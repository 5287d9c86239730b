//! The JSON that the bytes of a mapping are.
ghost use Rattle.std.specs.Prelude.{◌≡◌, ◌<◌, IfOk, OnErr, length, option_map};
ghost use Rattle.serde_json.specs.View.{view};
ghost use Rattle.eql_text.specs.Json.{json_of};

use eql_values::Memory;
use serde_json::Value;
use std::alloc::Global;

/// What `serde_json` reads in the bytes, or `None` where they are no UTF-8 text or no JSON text.
/// `Memory` is reported only where the bytes aren't empty.
pub fn read_json(alloc: Global, bytes: &[u8]) -> Result<Option<Value>, Memory>
    ensures value { IfOk result (λ value. option_map view value ≡ json_of bytes.now) }
    ensures memory { OnErr result (0 < length bytes.now) }
{
    match Value::from_slice(alloc, bytes) {
        Ok(value) => Ok(Some(value)),
        Err(error) => if error.is_memory() {
            Err(Memory)
        } else {
            Ok(None)
        },
    }
}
....................
Each line of the data above must be restated word for word.

repository 5287d9c86239730b
//! The JSON that the bytes of a mapping are.
ghost use Rattle.std.specs.Prelude.{◌≡◌, ◌<◌, IfOk, OnErr, length, option_map};
ghost use Rattle.serde_json.specs.View.{view};
ghost use Rattle.eql_text.specs.Json.{json_of};

use eql_values::Memory;
use serde_json::Value;
use std::alloc::Global;

/// What `serde_json` reads in the bytes, or `None` where they are no UTF-8 text or no JSON text.
/// `Memory` is reported only where the bytes aren't empty.
pub fn read_json(alloc: Global, bytes: &[u8]) -> Result<Option<Value>, Memory>
    ensures value { IfOk result (λ value. option_map view value ≡ json_of bytes.now) }
    ensures memory { OnErr result (0 < length bytes.now) }
{
    match Value::from_slice(alloc, bytes) {
        Ok(value) => Ok(Some(value)),
        Err(error) => if error.is_memory() {
            Err(Memory)
        } else {
            Ok(None)
        },
    }
}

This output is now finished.